The sourdough obsession has grown into something incredible, and literally nourishing: loaf after loaf of bread. Really, really tasty bread, too, bread that surprises me each time it swells in the oven. I’ve made boules, batards, water-based loaves, whey-based, rye-started, wheat-started (though my flour collection has since waned dramatically in my quarantine) — all pulled gently from a beloved Dutch oven onto my kitchen counter and (nearly always) torn open before cool to eat, apologies to my fellow forum purists. My spouse and I have dragged the craggy, airy slices through marinara, draped them with cheddar, and covered them with peanut butter; before the pandemic, I lived to bring them to friends’ houses for dinner parties — and I will admit that I’ve eaten, once, a whole loaf myself, standing over the sink to catch the crumbs.
When I open the Dutch oven’s lid and see, each time, that the loaf I calculated and tended has risen beautifully — that I somehow conjured the same food from nothing but air, water, and wheat that home bakers have been conjuring for centuries?

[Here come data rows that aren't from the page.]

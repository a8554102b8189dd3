ghost use Rattle.std.specs.Prelude.{◌≡◌, ◌+◌, ◌<◌, ◌^◌, length, IfOk, IfErr};
ghost use Rattle.turn_cell.specs.Seats.{IsTurnTable};

use crate::pass::{Pass, TurnPass};
use crate::plays::{Another, InTurn};
use crate::seat_steps::{give, shut, take, take_in};
use crate::seq::Seq;
use crate::views::PassView;
use atomic_table::{Refused, Table};
use std::alloc::{AllocFailed, Global};
use std::marker::Brand;
use std::snapshot::Snapshot;
use std::sync::Wait;

/// A value that passes use in turn, one whole call at a time. Threads share it by reference.
///
/// Clauses see the value that it was made with as `opened_at`, and what a pass knows as `view`.
pub struct Turn<T: Seq> {
    pub(crate) table: Table<Option<T>, PassView<T, T::Call, T::Reply>, Snapshot<T>, InTurn, Global>,
    ghost sized: { IsTurnTable table.shared.table_id },
}

impl<T: Seq> Turn<T> {
    ghost use Rattle.pass_roster.specs.Ends.{AllJoined, IsWhole};
    ghost use Rattle.turn_cell.specs.Entry.{Leads};
    ghost use Rattle.turn_cell.specs.PassView.{passes, starting, parent, child};
    ghost use Rattle.turn_cell.specs.Plays.{Rejoined};
    ghost use Rattle.turn_cell.specs.Turn.{opened_at, view, IsPassOf, AskedTurn};

    /// A turn with the value at home, and its first pass, which has the number 0. The value comes
    /// back where memory is wanting.
    pub fn new(alloc: Global, value: T) -> Result<(Turn<T>, TurnPass<T>), T>
        ensures pass { IfOk result (λ r. IsPassOf r.0 r.1) }
        ensures opened { IfOk result (λ r. opened_at r.0 ≡ value) }
        ensures first { IfOk result (λ r. view r.1 ≡ starting value) }
        ensures err { IfErr result (λ back. back ≡ value) }
    {
        let about = Snapshot::of(&value);
        let mut slots = Vec::new(alloc);
        if let Err(failed) = slots.push(Some(value)) {
            let AllocFailed { value } = failed;
            slots.destroy_empty();
            return Err(value.unwrap());
        }
        match Table::new(alloc, &[0, 0], slots, &about) {
            Ok((table, seat)) => Ok((
                Turn { table },
                Pass {
                    number: 0,
                    drawn: 1,
                    seat,
                },
            )),
            Err(Refused { mut slots }) => {
                let back = slots.pop();
                slots.destroy_empty();
                Err(back.unwrap().unwrap())
            }
        }
    }

    /// Makes a call as soon as the value is there, and gives its reply. The call is then the last
    /// that the pass has seen. It waits while other passes ask.
    pub fn ask<R: Wait>(&self, rt: &R, pass: &mut TurnPass<T>, call: T::Call) -> T::Reply
        requires { IsPassOf self.now pass.old }
        ensures pass { IsPassOf self.now pass.new }
        ensures asked { AskedTurn T.steps (opened_at self.now) call result (view pass.old) (view pass.new) }
    {
        let seat = &mut pass.seat;
        let words = &self.table.shared;
        let mut value = take(rt, words, seat);
        let was = Snapshot::of(&value);
        let said = Snapshot::of(&call);
        let reply = value.step(pass.number, call);
        give::<T, Brand>(words, seat, value, was, said, &reply);
        reply
    }

    /// Draws the next number for a new pass, which has seen as much as the first. At most 64 are
    /// out at once, the first among them. It takes no memory.
    pub fn split(&self, pass: &mut TurnPass<T>) -> TurnPass<T>
        requires pass { IsPassOf self.now pass.old }
        requires first { (view pass.old).number ≡ 0 }
        requires room { (view pass.old).drawn < length (view pass.old).ended + 64 }
        requires numbers { (view pass.old).drawn < 2 ^ 31 }
        ensures kept { IsPassOf self.now pass.new × (view pass.new ≡ parent (view pass.old)) }
        ensures given { IsPassOf self.now result × (view result ≡ child (view pass.old)) }
    {
        let number = pass.drawn;
        let seat = self.table.shared.split_seat::<Another>(&mut pass.seat);
        pass.drawn += 1;
        Pass {
            number,
            drawn: 0,
            seat,
        }
    }

    /// Takes a pass into the first one, which adds its number and calls to `ended`. What either
    /// had seen is a beginning of what the first has seen then. It takes no memory.
    pub fn join(&self, pass: &mut TurnPass<T>, other: TurnPass<T>)
        requires pass { IsPassOf self.now pass.old }
        requires other { IsPassOf self.now other }
        requires first { (view pass.old).number ≡ 0 }
        ensures pass { IsPassOf self.now pass.new }
        ensures joined { Rejoined (view pass.old) (view other) (view pass.new) }
    {
        take_in(&self.table.shared, &mut pass.seat, other.into_seat());
    }

    /// Ends the turn once all other passes were joined. What the first pass has seen is the whole
    /// history, which leads to the value that comes back. It takes no memory.
    pub fn close(self, pass: TurnPass<T>) -> T
        requires pass { IsPassOf self pass }
        requires first { (view pass).number ≡ 0 }
        requires joined { AllJoined passes (view pass) }
        ensures led { Leads T.steps (opened_at self) (view pass).seen result }
        ensures whole { IsWhole passes (view pass) }
    {
        let Turn { table } = self;
        shut(table, pass.into_seat())
    }
}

Instead of the frustrating alienation that OCD usually produces in me, especially as my triggers have escalated during the pandemic, I feel connected to a community who cares as much as I care to get this one specific, ancient process right — and this connection feeds me, especially as we all must stay apart from one other, at least a little bit longer. It provides me a new path to walk in my brain and companions to walk alongside me. It gives me somewhere safe to rest my mind.